Le débarquement dans le port de la Rochelle de matériels de guerre provenant des USA, surtout des hélicoptères et des chars, est sans doute significatif à plus d’un titre.
Un porte-conteneurs immense arrive à La Rochelle le 7 juillet. Son chargement invisible de l’extérieur, se compose, entre autres, de 63 hélicoptères de combat, 500 véhicules, 250 conteneurs, 350 militaires de la 101st Combat Aviation Brigade de l’US Army. L’occasion pour l’armée américaine de tester les ports maritimes de l’Europe de l’Ouest, comme celui de La Rochelle. Les États-Unis veulent s’assurer que les ports des façades atlantique et baltique sont en capacité d’accueillir des quantités importantes de soldats et de matériels et d’en assurer la logistique.
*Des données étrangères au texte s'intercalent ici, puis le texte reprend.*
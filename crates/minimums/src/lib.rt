// The checks of a table whose arcs have a least flow (document 02, CR 11): of its four rows, and of a call that takes no minimum above 0.
#![tactic(auto)]

ghost use Rattle.std.specs.Prelude.{◌≡◌, Bool, ◌≤◌, length};
ghost use Rattle.table.specs.Table.{Table};
ghost use Rattle.table.specs.Checks.{check_of};
ghost use Rattle.minimums.specs.BoundedTable.{bounded_in};
ghost use Rattle.minimums.specs.Checks.{bounded_fault, with_minimums, bounded_check, all_zero, plain_check, end_of, FirstAbove};

use std::marker::Model;
use table::{LentTable, Name, Refusal};

// A table with a row of minimums, the least flow of each arc, as it is lent.
#[derive(Clone, Copy)]
pub struct LentBounded<'a> {
    pub table: LentTable<'a>,
    pub minimums: &'a [u32],
}

// A record of one arc: tail, head, capacity and least flow together.
#[repr(C)]
#[derive(Clone, Copy, Debug, PartialEq, Eq)]
pub struct Arc {
    pub tail: u32,
    pub head: u32,
    pub capacity: u32,
    pub minimum: u32,
}

// Are all numbers of a row 0?
#[tactic(auto, unfolding(crate::specs::Checks::all_zero))]
pub fn is_all_zero(row: &[u32]) -> bool
    ensures { result ≡ all_zero row.now }
{
    row.iter().all(|x| *x == 0)
}

// The fault of one arc: NODE before LOOP before CAPACITY before MINIMUM, with its place.
pub fn arc_fault(n: u32, place: u32, arc: Arc) -> Result<(), Refusal>
    ensures { result ≡ bounded_fault n place arc.tail arc.head arc.capacity arc.minimum }
{
    table::arc_fault(n, place, arc.tail, arc.head, arc.capacity)?;
    if arc.capacity < arc.minimum {
        return Err(Name::Minimum.at(place));
    }
    Ok(())
}

// Where the arcs end that stand before what was refused: all of m where nothing was.
fn end_of(found: Result<(), Refusal>, m: usize) -> usize
    ensures { result ≡ end_of found m }
{
    match found {
        Err(refusal) => refusal.place as usize,
        Ok(()) => m,
    }
}

// The first minimum above its capacity at a place before `end`, or none.
fn first_above(capacities: &[u32], minimums: &[u32], end: usize) -> Result<(), Refusal>
    requires { (end ≤ length capacities.now) × (end ≤ length minimums.now) × (end ≤ 4096) }
    ensures { FirstAbove 0 end capacities.now minimums.now result }
{
    for place in 0..end {
        if capacities[place] < minimums[place] {
            return Err(Name::Minimum.at(place as u32));
        }
    }
    Ok(())
}

// What a table of four rows is refused for, from what its three are: ROWS looks at all of them, and an arc's MINIMUM comes before what a later arc has.
fn with_minimums(
    n: u32,
    found: Result<(), Refusal>,
    capacities: &[u32],
    minimums: &[u32],
) -> Result<(), Refusal>
    requires { (t : Table) × (room : Bool) × (t.nodes ≡ n) × (t.capacities ≡ capacities.now) × (found ≡ check_of t room) }
    ensures { (t : Table) (room : Bool) → t.nodes ≡ n → t.capacities ≡ capacities.now → found ≡ check_of t room
        → result ≡ bounded_check (with_minimums t minimums.now) room }
{
    if capacities.len() != minimums.len() {
        if n < 2 {
            return Err(Name::Nodes.at(0));
        }
        if 512 < n {
            return Err(Name::Nodes.at(0));
        }
        return Err(Name::Rows.at(0));
    }
    first_above(capacities, minimums, end_of(found, capacities.len()))?;
    found
}

// Checks a table of four rows, in order; `room` is whether the rows that its caller lends are long enough.
pub fn check(bounded: &LentBounded, room: bool) -> Result<(), Refusal>
    ensures { result ≡ bounded_check (bounded_in bounded.now) room }
{
    let table = &bounded.table;
    let found = table::check(table, room);
    with_minimums(table.nodes, found, table.capacities, bounded.minimums)
}

// The same of a call that takes no minimum above 0: BOUNDED right after the table's own checks.
pub fn plain_check(bounded: &LentBounded, room: bool) -> Result<(), Refusal>
    ensures { result ≡ plain_check (bounded_in bounded.now) room }
{
    check(bounded, room)?;
    if !is_all_zero(bounded.minimums) {
        return Err(Name::Bounded.at(0));
    }
    Ok(())
}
Rappelons que ces transferts actuels sont placés dans le cadre des grandes manœuvres « Europ Defender 20 », de mars à mai 2020, dont l’objectif est de vérifier que des troupes US et leur matériel peuvent très rapidement atteindre la frontière russe en traversant l’océan atlantique et l’Europe occidentale. 37 000 soldats (dont 20 000 Américains) de 18 pays (dont la France) sont censés y avoir participé. Les équipements de ces unités sont soit transportés des USA (20 000 pièces) soit prélevés sur les stocks prépositionnés de 5 APS européens (13 000 pièces).
Cette volonté d’interopérabilité des pays de l’OTAN a fait l’objet d’un accord entre l’UE et l’OTAN, la PESCO, coopération structurée permanente, signé au sommet de l’OTAN de Newport, et financé par l’UE. Nous en avons donné les informations au début de cette année, notamment dans le numéro de Planète Paix d’avril 2020. Ces manœuvres avaient été interrompues par la pandémie du Covid-19. Même si tous les pays de l’OTAN étaient impliqués, dont la France, les transferts d’équipements par voie maritime venant des USA se sont faits dans des ports de la partie nord de l’Europe occidentale, Belgique, Pays-Bas, Allemagne, Pologne et pays baltes essentiellement.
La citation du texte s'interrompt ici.